Yes, but of course. I had been wrongly assuming that the weakest players are the most numerous . That is not true. The pyramid model is misconceived. It has to a normal distribution. A larger curve will explain both inflation and deflation, which is also a feature of the Elo system. I just realised that both FIDE and USCF has mechanisms to combat this inflation and deflation.
has anyone considered that tournaments with the ELO rating will both be a spectator's and player's nightmare? Finals: 2 mediocre players who marginally exceeded their normal playing performance. And any match-up where the best player meets the worst player, the best player will need to completely destroy the worst player in order to win. Competitive players might start head hunting in these matches.
The Elo rating system is not a handicap system, although it could be used to help assign handicaps more objectively. The Elo system is a way of measuring how good a player is, relative to other players. A tournament could specify a range of allowed Elo ratings; this would determine the playing standard of the tournament.
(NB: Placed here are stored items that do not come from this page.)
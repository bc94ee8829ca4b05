//! The room behind a queue's data.
ghost use Rattle.std.specs.Prelude.{◌≡◌, ◌+◌, ◌≤◌, ◌<◌, ◌^◌, IfSome, length, take};
ghost use Rattle.buffer_model.specs.Segment.{bytes_of, appended};
ghost use Rattle.buffer_model.specs.Stake.{KeepsTotals};
ghost use Rattle.iobuf_chain.specs.Accounts.{held_by};
ghost use Rattle.iobuf_chain.specs.Tails.{last_of, turned_last};
ghost use Rattle.iobuf_queue.specs.Queued.{queue_of, room_of};

use crate::queue::QueueOf;
use iobuf_chain::ChainOf;
use iobuf_node::{IoBufOf, Wrapped};
use storage::Told;

impl<W: Wrapped, O: Told> QueueOf<W, O> {
    ghost use Rattle.std.specs.Borrow.{sem};
    ghost use Rattle.iobuf_queue.specs.QueueLends.{lends_offer};

    /// The bytes of tailroom that the last call of `preallocate` offered, for writing, and none after
    /// another call. They are no data until `postallocate` takes them in. O(1), and no memory.
    /// `IOBufQueue::writableTail`.
    pub fn tail_mut(&mut self) -> &mut [u8]
        ensures* lends { sem 𝓛 (lends_offer W.row O.row W.Wrapped self.entry result) }
        ensures value { IfSome (last_of self.old.nodes) (λ s. result.now ≡ take self.old.lent s.after) }
        ensures size { length result.now ≡ self.old.lent }
    {
        let n = self.lent;
        if n == 0 {
            return &mut self.none;
        }
        let _some = self.chain.elements();
        self.chain.tail_mut(n)
    }

    /// The first `n` bytes that `tail_mut` offers become data. Nothing is offered then. O(1), and no memory.
    /// `IOBufQueue::postallocate`.
    pub fn postallocate(&mut self, n: usize)
        requires offered { n ≤ self.old.lent }
        requires sum { length (bytes_of self.old.nodes) + n < 2 ^ 64 }
        ensures nodes { self.new ≡ queue_of (turned_last (appended n) self.old.nodes) }
        ensures totals { KeepsTotals (held_by self.old.nodes) (held_by self.new.nodes) }
    {
        self.lent = 0;
        if self.empty {
            return;
        }
        let _some = self.chain.elements();
        take_in(&mut self.chain, n);
    }
}

// The next n bytes behind the last node's data become data.
fn take_in<W: Wrapped, O: Told>(chain: &mut ChainOf<W, O>, n: usize)
    requires room { n ≤ length (room_of (last_of chain.old)) }
    requires sum { length (bytes_of chain.old) + n < 2 ^ 64 }
    ensures nodes { chain.new ≡ turned_last (appended n) chain.old }
    ensures totals { KeepsTotals (held_by chain.old) (held_by chain.new) }
{
    let last = chain.elements() - 1;
    let mut node = chain.swap_node(last, IoBufOf::empty());
    node.append(n);
    let _ = chain.swap_node(last, node);
}
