ghost use Rattle.std.specs.Prelude.{◌≡◌, ◌+◌, ◌≤◌, ◌<◌, ◌^◌, [], ◌∷◌, ◌++◌, None, length, IfOk, IfErr, OnOk, OnErr};
ghost use Rattle.iobuf_chain.specs.Copies.{IsHeavy, WithData};
ghost use Rattle.frame_rule.specs.Decoding.{TakesIn};
ghost use Rattle.frame_rule.specs.Hauls.{SharesData};
ghost use Rattle.frame_rule.specs.Units.{units_of};
ghost use Rattle.relay_ports.specs.States.{SinkState};
ghost use Rattle.input_pieces.specs.Pieces.{ReadsNone, ReadsPiece};
ghost use Rattle.relay_app.specs.Cutting.{ClosesCut, Cuts, CutsEnd, HasCut, TakesUnits};

use crate::status::Status;
use crate::stream_fault::{StreamFault, note};
use crate::unit_lines::{print_end, print_unit};
use buffered_io::Printer;
use frame_rule::{Decoder, FrameUnit, Haul};
use input_pieces::{IoBuf, Mint, NoPiece, PieceReader, Stop};
use iobuf_chain::Chain;
use relay_ports::{Sink, Source};
use std::alloc::{AllocError, Global};
use std::marker::Model;
use std::mem;

/// A stream that is cut into frames, of which each is printed. It notes the first fault, and how many bytes were cut.
#[derive(Drop)]
pub(crate) struct Cutter<D: Decoder> {
    decoder: D,
    printer: Printer,
    // What the last piece made whole and handed back. It is let go once the next piece is there: with the small pieces
    // of memory still taken, the allocator has none to put together when it is asked for a block.
    haul: Haul,
    mint: Mint,
    fault: Option<StreamFault>,
    read: u64,
}

impl<D: Decoder> Model for Cutter<D> {
    ghost use Rattle.std.specs.Prelude.{◌+◌, length};
    ghost use Rattle.relay_app.specs.Cutting.{Cutting};

    ghost Value = { Cutting D };

    ghost view = { λ c. record {
      decoder = c.decoder;
      waiting = c.printer;
      fault = c.fault;
      read = c.read;
      held = length c.haul.units.items + length c.haul.back.items;
    } };
}

impl<D: Decoder> Cutter<D> {
    /// A cutter that was given nothing, by the codec of a decoder that was fed nothing.
    pub(crate) fn new(alloc: Global, decoder: D) -> Result<Cutter<D>, AllocError>
        requires { D.stands decoder [] }
        ensures cut { IfOk result (λ c. (w : SinkState) → HasCut D.state D.stands (D.state decoder).codec w [] c w) }
        ensures decoder { IfOk result (λ c. c.decoder ≡ decoder) }
    {
        Ok(Cutter {
            decoder,
            printer: Printer::new(alloc)?,
            haul: Haul::new(alloc),
            mint: Mint::new(),
            fault: None,
            read: 0,
        })
    }

    /// How many bytes were cut.
    pub(crate) fn read(&self) -> u64
        ensures { result ≡ self.now.read }
    {
        self.read
    }

    /// Reads the next piece straight into a new node, and then lets go of all that the piece before it left.
    pub(crate) fn next_piece<S: Source>(
        &mut self,
        alloc: Global,
        reader: &mut PieceReader<S>,
    ) -> Result<IoBuf<'static>, NoPiece>
        requires { reader.old.block ≤ 1048576 }
        ensures piece { IfOk result (λ node. ReadsPiece S.state node.window reader.old reader.new) }
        ensures none { IfErr result (λ e. ReadsNone S.state e reader.old reader.new) }
        ensures heavy { IfOk result (λ node. IsHeavy node) }
        ensures let_go { self.new ≡ record self.old { held = 0 } }
    {
        let piece = reader.next(alloc, &mut self.mint);
        empty(&mut self.haul);
        piece
    }

    /// Cuts the next block, and prints what it completes. No byte of a frame is copied but into the report.
    pub(crate) fn cut<W: Sink>(
        &mut self,
        alloc: Global,
        report: &mut W,
        block: IoBuf<'static>,
    ) -> Result<(), AllocError>
        requires fed { (D.state self.old.decoder).fed + length block.window < 2 ^ 62 }
        requires read { self.old.read + length block.window < 2 ^ 62 }
        requires heavy { IsHeavy block }
        requires kept { WithData IsHeavy (D.state self.old.decoder).kept }
        ensures cut { OnOk result (Cuts D.state D.stands block.entry.window
            self.old (W.state report.old) self.new (W.state report.new)) }
        ensures kept { OnOk result (WithData IsHeavy (D.state self.new.decoder).kept) }
        ensures unprinted { OnErr result (report.new ≡ report.old) }
    {
        let count = block.length() as u64;
        let haul = self.feed(alloc, block)?;
        self.take_units(report, &haul.units);
        self.read += count;
        self.haul = haul;
        Ok(())
    }

    // Feeds a block to the decoder, and answers what came of it. The frames are made of the nodes that were read.
    fn feed(&mut self, alloc: Global, block: IoBuf<'static>) -> Result<Haul, AllocError>
        requires fed { (D.state self.old.decoder).fed + length block.window < 2 ^ 62 }
        requires heavy { IsHeavy block }
        requires kept { WithData IsHeavy (D.state self.old.decoder).kept }
        ensures units { IfOk result (λ haul. TakesIn (D.stands self.old.decoder) (D.stands self.new.decoder)
            (D.state self.old.decoder).codec block.entry.window [] haul.units.items) }
        ensures copies { IfOk result (λ haul. SharesData ((D.state self.old.decoder).kept ++ block.entry ∷ [])
            (D.state self.new.decoder).kept [] haul.units.items) }
        ensures codec { OnOk result ((D.state self.new.decoder).codec ≡ (D.state self.old.decoder).codec) }
        ensures same { self.new ≡ record self.old { decoder = self.new.decoder; held = 0 } }
    {
        let piece = Chain::of(alloc, block);
        let mut haul = mem::replace(&mut self.haul, Haul::new(alloc));
        empty(&mut haul);
        let Ok(()) = self.decoder.feed(alloc, piece, &mut haul, &mut self.mint) else {
            return Err(AllocError);
        };
        Ok(haul)
    }

    /// Prints what the end adds where it was reached, and the last line, and answers the status.
    pub(crate) fn close<W: Sink>(&mut self, alloc: Global, report: &mut W, stop: Stop) -> Status
        ensures { ClosesCut D.state D.stands stop self.old (W.state report.old) (W.state report.new) result }
    {
        if self.end(alloc, report, stop).is_err() {
            return Status::Memory;
        }
        print_end(&mut self.printer, report, self.read);
        self.printer.flush(report);
        Status::at_stop(stop, self.fault, Status::of_report(self.printer.failed()))
    }

    // Prints what the end of the stream adds, where it was reached.
    fn end<W: Sink>(&mut self, alloc: Global, report: &mut W, stop: Stop) -> Result<(), AllocError>
        ensures read { self.new.read ≡ self.old.read }
        ensures ended { OnOk result (CutsEnd D.state D.stands stop
            self.old (W.state report.old) self.new (W.state report.new)) }
        ensures unprinted { OnErr result (report.new ≡ report.old) }
    {
        match stop {
            Stop::Failure | Stop::Limit => return Ok(()),
            Stop::End => {}
        }
        let mut haul = Haul::new(alloc);
        if self.decoder.end(&mut haul).is_err() {
            return Err(AllocError);
        }
        self.take_units(report, &haul.units);
        Ok(())
    }

    // Prints units, and notes the first fault.
    fn take_units<W: Sink>(&mut self, report: &mut W, found: &[FrameUnit])
        ensures { TakesUnits (units_of found.now) self.old (W.state report.old) self.new (W.state report.new) }
    {
        'units: for unit in found {
            print_unit(&mut self.printer, report, unit);
            note(&mut self.fault, unit);
        }
    }
}

// Lets go of all that is in a haul.
fn empty(haul: &mut Haul)
    ensures units { haul.new.units.items ≡ [] }
    ensures back { haul.new.back.items ≡ [] }
{
    'units: while let Some(unit) = haul.units.pop() {
        if let FrameUnit::Frame { chain, .. } = unit {
            chain.discard();
        }
    }
    haul.back.clear();
}
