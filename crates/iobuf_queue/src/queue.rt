//! Queues, and their nodes as a chain.
ghost use Rattle.std.specs.Prelude.{◌≡◌, ◌↔◌, List, [], IsNone, IfSome, MatchOption, length};
ghost use Rattle.buffer_model.specs.Segment.{bytes_of};
ghost use Rattle.buffer_model.specs.Stake.{KeepsTotals};
ghost use Rattle.iobuf_chain.specs.Accounts.{held_by};
ghost use Rattle.iobuf_queue.specs.Queued.{queue_of};

use iobuf_chain::ChainOf;
use iobuf_node::{IoBufOf, Wrapped};
use std::alloc::Global;
use std::marker::Model;
use std::mem;
use storage::{NoOwner, Told};

/// A list of nodes that may be empty, as Folly's `IOBufQueue` is. Contracts see the list, and how many bytes of the
/// last node's tailroom are offered for writing: by `preallocate`, until the next call that may change the queue.
#[derive(Drop)]
pub struct QueueOf<W: Wrapped, O: Told> {
    // A node that doesn't count, where the queue is empty.
    pub(crate) chain: ChainOf<W, O>,
    pub(crate) empty: bool,
    pub(crate) lent: usize,
    // Always empty: what is lent where nothing is offered.
    pub(crate) none: Vec<u8>,
    pub(crate) alloc: Global,
}

impl<W: Wrapped, O: Told> Model for QueueOf<W, O> {
    ghost use Rattle.std.specs.Prelude.{◌≡◌, []};
    ghost use Rattle.iobuf_queue.specs.Queued.{Queued, shown, IsBlank, IsOffered};

    ghost Value = { Queued O };

    ghost view = { λ q. shown q.empty q.chain q.lent };

    ghost invariant = { λ q. IsBlank q.empty q.chain q.lent × IsOffered q.chain q.lent × (q.none.items ≡ []) };
}

/// A queue whose nodes may wrap a borrowed slice.
pub type Queue<'a, O = NoOwner> = QueueOf<&'a [u8], O>;

impl<W: Wrapped, O: Told> QueueOf<W, O> {
    /// A queue without a node. O(1), and no memory.
    pub fn new(alloc: Global) -> QueueOf<W, O>
        ensures { result ≡ queue_of [] }
    {
        QueueOf {
            chain: ChainOf::of(alloc, IoBufOf::empty()),
            empty: true,
            lent: 0,
            none: Vec::new(alloc),
            alloc,
        }
    }

    /// The number of bytes of data. O(1). `IOBufQueue::chainLength`.
    pub fn chain_length(&self) -> usize
        ensures { result ≡ length (bytes_of self.now.nodes) }
    {
        if self.empty {
            return 0;
        }
        self.chain.length()
    }

    /// The nodes, as a chain: `None` exactly where there is none. O(1), and no memory. `IOBufQueue::front`.
    pub fn front(&self) -> Option<&ChainOf<W, O>>
        ensures none { IsNone result ↔ (self.now.nodes ≡ []) }
        ensures some { IfSome result (λ c. c.now ≡ self.now.nodes) }
    {
        if self.empty {
            return None;
        }
        let _some = self.chain.elements();
        Some(&self.chain)
    }

    /// All nodes leave, as a chain: `None` exactly where there is none. O(1), and no memory. `IOBufQueue::move`.
    pub fn move_all(&mut self) -> Option<ChainOf<W, O>>
        ensures nodes { MatchOption result (self.old.nodes ≡ []) (λ c. c ≡ self.old.nodes) }
        ensures none { self.old.nodes ≡ [] → IsNone result }
        ensures emptied { self.new ≡ queue_of [] }
        ensures totals { IfSome result (λ c. KeepsTotals (held_by self.old.nodes) (held_by c)) }
    {
        if self.empty {
            return None;
        }
        let _some = self.chain.elements();
        let none = ChainOf::of(self.alloc, IoBufOf::empty());
        self.lent = 0;
        self.empty = true;
        Some(mem::replace(&mut self.chain, none))
    }
}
Using Elo doesn't necessarily imply a handicap tournament. Imagine an international tournament where some amateur players can win places by lottery. I win a ticket, and I get to play against Lin Dan. I have an Elo rating of (say) 1700, and Lin Dan has an Elo rating of 2800 (I'm just using rough numbers from chess here). The difference in Elo ratings indicates that Lin Dan is a much, much stronger player than I am, and will almost certainly win. Indeed, you can use the ratings to estimate the probability of him winning (nearly 100%, in this case). He still wins a match by winning 2 games of 21 points -- there's no handicap applied here. Even if the score line is 21--19, 21--19 (in his favour), he still wins (obviously that's not going to happen. I'd be delighted with even one point). The improvement in his Elo rating will be tiny, because I'm such an easy player for him to beat. In the extremely unlikely event that I beat Lin Dan, however, my rating will improve quite a lot, and his rating will suffer quite badly.